Extract the complete listing and repeat it word for word.

================

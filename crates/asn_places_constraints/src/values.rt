//! Values in a set of values. In SIZE each is a whole number, in FROM a text (X.680 51.5, 51.7).

ghost use Rattle.asn_meaning_heads.specs.Places.{shown_place};
ghost use Rattle.asn_meaning.specs.Ranges.{integer_named};
ghost use Rattle.asn_needs.specs.PartsOfConstraints.{asked_site, asked_under, asked_value, end_at, end_sites};
ghost use Rattle.asn_places_types.specs.Forms.{shown_asked, shown_governor, shown_value_at};
ghost use Rattle.asn_places_types.specs.Sites.{shown_around, shown_sites};
ghost use Rattle.std.specs.Option.{option_copied, option_map};
ghost use Rattle.std.specs.Prelude.{◌≡◌, ◌++◌, ◌∷◌, [], IfOk, None};

use asn_meaning_heads::{Place, TypeForm, ValueForm, integer_of, plain_text};
use asn_memory::{Box, List, Mem};
use asn_places_types::{
    Around, Asked, Form, Site, ValuePlace, governor_boxed, governor_copied, shared, with_site,
    without_way,
};
use asn_tree::ASN1Value;
use std::alloc::Global;
use std::rc::Rc;

/// INTEGER without named numbers.
fn whole_number<'a>() -> Place<'a>
    ensures { shown_place result ≡ integer_named None }
{
    integer_of(TypeForm::Integer(None))
}

/// The type that governs a value.
///
/// Err: want of memory.
fn asked_under<'a>(alloc: Global, asked: Asked, place: Option<&Place<'a>>) -> Mem<Option<Place<'a>>>
    ensures { IfOk result (λ governor. shown_governor governor ≡ asked_under (shown_asked asked) (option_map (λ p. shown_place p.now) place.entry)) }
{
    match asked {
        Asked::OfValues => {
            let copy = governor_copied(alloc, place)?;
            Ok(copy)
        }
        Asked::OfLengths => Ok(Some(whole_number())),
        Asked::OfCharacters => Ok(Some(plain_text())),
    }
}

/// The type that governs a value, on the heap.
///
/// Err: want of memory.
fn asked_governor<'a>(
    alloc: Global,
    asked: Asked,
    place: Option<&Place<'a>>,
) -> Mem<Option<Box<Place<'a>>>>
    ensures { IfOk result (λ governor. shown_governor governor ≡ asked_under (shown_asked asked) (option_map (λ p. shown_place p.now) place.entry)) }
{
    let governor = asked_under(alloc, asked, place)?;
    let governor = governor_boxed(alloc, governor)?;
    Ok(governor)
}

/// What surrounds a value: in SIZE and FROM nothing was followed to a constrained part.
///
/// Err: want of memory.
fn asked_around<'a>(alloc: Global, around: &Rc<Around<'a>>, asked: Asked) -> Mem<Rc<Around<'a>>>
    ensures { IfOk result (λ inner. shown_around inner.value ≡ asked_site (shown_asked asked) (shown_around around.now.value)) }
{
    match asked {
        Asked::OfValues => {
            let inner = shared(around)?;
            Ok(inner)
        }
        Asked::OfLengths => {
            let inner = without_way(alloc, around)?;
            Ok(inner)
        }
        Asked::OfCharacters => {
            let inner = without_way(alloc, around)?;
            Ok(inner)
        }
    }
}

/// The sites with a value of a set.
///
/// Err: want of memory.
pub fn with_asked_value<'a>(
    alloc: Global,
    sites: List<Site<'a>>,
    around: &Rc<Around<'a>>,
    asked: Asked,
    at: ValuePlace,
    place: Option<&Place<'a>>,
    value: &'a ASN1Value,
) -> Mem<List<Site<'a>>>
    ensures { IfOk result (λ more. shown_sites more ≡ shown_sites sites.entry ++ asked_value (shown_around around.now.value) (shown_asked asked) (shown_value_at at) (option_map (λ p. shown_place p.now) place.entry) value.now ∷ []) }
{
    let inner = asked_around(alloc, around, asked)?;
    let governor = asked_governor(alloc, asked, place)?;
    let form = Form::AValue(at, ValueForm::Written(value), governor);
    let sites = with_site(sites, &inner, form)?;
    Ok(sites)
}

/// Where the end of a range stands.
fn end_at(asked: Asked) -> ValuePlace
    ensures { shown_value_at result ≡ end_at (shown_asked asked) }
{
    match asked {
        Asked::OfValues => ValuePlace::AsEnd,
        Asked::OfLengths => ValuePlace::AsBound,
        Asked::OfCharacters => ValuePlace::AsBound,
    }
}

/// The sites with an end of a range, where one is written.
///
/// Err: want of memory.
#[tactic(auto, using(asn_places_types::proofs::Adding::nothing_more))]
fn with_end<'a>(
    alloc: Global,
    sites: List<Site<'a>>,
    around: &Rc<Around<'a>>,
    asked: Asked,
    place: Option<&Place<'a>>,
    end: Option<&'a ASN1Value>,
) -> Mem<List<Site<'a>>>
    ensures { IfOk result (λ more. shown_sites more ≡ shown_sites sites.entry ++ end_sites (shown_around around.now.value) (shown_asked asked) (option_map (λ p. shown_place p.now) place.entry) (option_copied end.entry)) }
{
    match end {
        None => Ok(sites),
        Some(value) => {
            let at = end_at(asked);
            let sites = with_asked_value(alloc, sites, around, asked, at, place, value)?;
            Ok(sites)
        }
    }
}

/// The sites with both ends of a range, as far as they are written (X.680 51.4).
///
/// Err: want of memory.
#[tactic(auto, using(asn_places_types::proofs::Adding::then_more))]
pub fn with_ends<'a>(
    alloc: Global,
    sites: List<Site<'a>>,
    around: &Rc<Around<'a>>,
    asked: Asked,
    place: Option<&Place<'a>>,
    low: Option<&'a ASN1Value>,
    high: Option<&'a ASN1Value>,
) -> Mem<List<Site<'a>>>
    ensures { IfOk result (λ more. shown_sites more ≡ shown_sites sites.entry ++ (end_sites (shown_around around.now.value) (shown_asked asked) (option_map (λ p. shown_place p.now) place.entry) (option_copied low.entry) ++ end_sites (shown_around around.now.value) (shown_asked asked) (option_map (λ p. shown_place p.now) place.entry) (option_copied high.entry))) }
{
    let sites = with_end(alloc, sites, around, asked, place, low)?;
    let sites = with_end(alloc, sites, around, asked, place, high)?;
    Ok(sites)
}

================

- [Exercise result]
filename crates/asn_places_constraints/src/values.rt
//! Values in a set of values. In SIZE each is a whole number, in FROM a text (X.680 51.5, 51.7).

ghost use Rattle.asn_meaning_heads.specs.Places.{shown_place};
ghost use Rattle.asn_meaning.specs.Ranges.{integer_named};
ghost use Rattle.asn_needs.specs.PartsOfConstraints.{asked_site, asked_under, asked_value, end_at, end_sites};
ghost use Rattle.asn_places_types.specs.Forms.{shown_asked, shown_governor, shown_value_at};
ghost use Rattle.asn_places_types.specs.Sites.{shown_around, shown_sites};
ghost use Rattle.std.specs.Option.{option_copied, option_map};
ghost use Rattle.std.specs.Prelude.{◌≡◌, ◌++◌, ◌∷◌, [], IfOk, None};

use asn_meaning_heads::{Place, TypeForm, ValueForm, integer_of, plain_text};
use asn_memory::{Box, List, Mem};
use asn_places_types::{
    Around, Asked, Form, Site, ValuePlace, governor_boxed, governor_copied, shared, with_site,
    without_way,
};
use asn_tree::ASN1Value;
use std::alloc::Global;
use std::rc::Rc;

/// INTEGER without named numbers.
fn whole_number<'a>() -> Place<'a>
    ensures { shown_place result ≡ integer_named None }
{
    integer_of(TypeForm::Integer(None))
}

/// The type that governs a value.
///
/// Err: want of memory.
fn asked_under<'a>(alloc: Global, asked: Asked, place: Option<&Place<'a>>) -> Mem<Option<Place<'a>>>
    ensures { IfOk result (λ governor. shown_governor governor ≡ asked_under (shown_asked asked) (option_map (λ p. shown_place p.now) place.entry)) }
{
    match asked {
        Asked::OfValues => {
            let copy = governor_copied(alloc, place)?;
            Ok(copy)
        }
        Asked::OfLengths => Ok(Some(whole_number())),
        Asked::OfCharacters => Ok(Some(plain_text())),
    }
}

/// The type that governs a value, on the heap.
///
/// Err: want of memory.
fn asked_governor<'a>(
    alloc: Global,
    asked: Asked,
    place: Option<&Place<'a>>,
) -> Mem<Option<Box<Place<'a>>>>
    ensures { IfOk result (λ governor. shown_governor governor ≡ asked_under (shown_asked asked) (option_map (λ p. shown_place p.now) place.entry)) }
{
    let governor = asked_under(alloc, asked, place)?;
    let governor = governor_boxed(alloc, governor)?;
    Ok(governor)
}

/// What surrounds a value: in SIZE and FROM nothing was followed to a constrained part.
///
/// Err: want of memory.
fn asked_around<'a>(alloc: Global, around: &Rc<Around<'a>>, asked: Asked) -> Mem<Rc<Around<'a>>>
    ensures { IfOk result (λ inner. shown_around inner.value ≡ asked_site (shown_asked asked) (shown_around around.now.value)) }
{
    match asked {
        Asked::OfValues => {
            let inner = shared(around)?;
            Ok(inner)
        }
        Asked::OfLengths => {
            let inner = without_way(alloc, around)?;
            Ok(inner)
        }
        Asked::OfCharacters => {
            let inner = without_way(alloc, around)?;
            Ok(inner)
        }
    }
}

/// The sites with a value of a set.
///
/// Err: want of memory.
pub fn with_asked_value<'a>(
    alloc: Global,
    sites: List<Site<'a>>,
    around: &Rc<Around<'a>>,
    asked: Asked,
    at: ValuePlace,
    place: Option<&Place<'a>>,
    value: &'a ASN1Value,
) -> Mem<List<Site<'a>>>
    ensures { IfOk result (λ more. shown_sites more ≡ shown_sites sites.entry ++ asked_value (shown_around around.now.value) (shown_asked asked) (shown_value_at at) (option_map (λ p. shown_place p.now) place.entry) value.now ∷ []) }
{
    let inner = asked_around(alloc, around, asked)?;
    let governor = asked_governor(alloc, asked, place)?;
    let form = Form::AValue(at, ValueForm::Written(value), governor);
    let sites = with_site(sites, &inner, form)?;
    Ok(sites)
}

/// Where the end of a range stands.
fn end_at(asked: Asked) -> ValuePlace
    ensures { shown_value_at result ≡ end_at (shown_asked asked) }
{
    match asked {
        Asked::OfValues => ValuePlace::AsEnd,
        Asked::OfLengths => ValuePlace::AsBound,
        Asked::OfCharacters => ValuePlace::AsBound,
    }
}

/// The sites with an end of a range, where one is written.
///
/// Err: want of memory.
#[tactic(auto, using(asn_places_types::proofs::Adding::nothing_more))]
fn with_end<'a>(
    alloc: Global,
    sites: List<Site<'a>>,
    around: &Rc<Around<'a>>,
    asked: Asked,
    place: Option<&Place<'a>>,
    end: Option<&'a ASN1Value>,
) -> Mem<List<Site<'a>>>
    ensures { IfOk result (λ more. shown_sites more ≡ shown_sites sites.entry ++ end_sites (shown_around around.now.value) (shown_asked asked) (option_map (λ p. shown_place p.now) place.entry) (option_copied end.entry)) }
{
    match end {
        None => Ok(sites),
        Some(value) => {
            let at = end_at(asked);
            let sites = with_asked_value(alloc, sites, around, asked, at, place, value)?;
            Ok(sites)
        }
    }
}

/// The sites with both ends of a range, as far as they are written (X.680 51.4).
///
/// Err: want of memory.
#[tactic(auto, using(asn_places_types::proofs::Adding::then_more))]
pub fn with_ends<'a>(
    alloc: Global,
    sites: List<Site<'a>>,
    around: &Rc<Around<'a>>,
    asked: Asked,
    place: Option<&Place<'a>>,
    low: Option<&'a ASN1Value>,
    high: Option<&'a ASN1Value>,
) -> Mem<List<Site<'a>>>
    ensures { IfOk result (λ more. shown_sites more ≡ shown_sites sites.entry ++ (end_sites (shown_around around.now.value) (shown_asked asked) (option_map (λ p. shown_place p.now) place.entry) (option_copied low.entry) ++ end_sites (shown_around around.now.value) (shown_asked asked) (option_map (λ p. shown_place p.now) place.entry) (option_copied high.entry))) }
{
    let sites = with_end(alloc, sites, around, asked, place, low)?;
    let sites = with_end(alloc, sites, around, asked, place, high)?;
    Ok(sites)
}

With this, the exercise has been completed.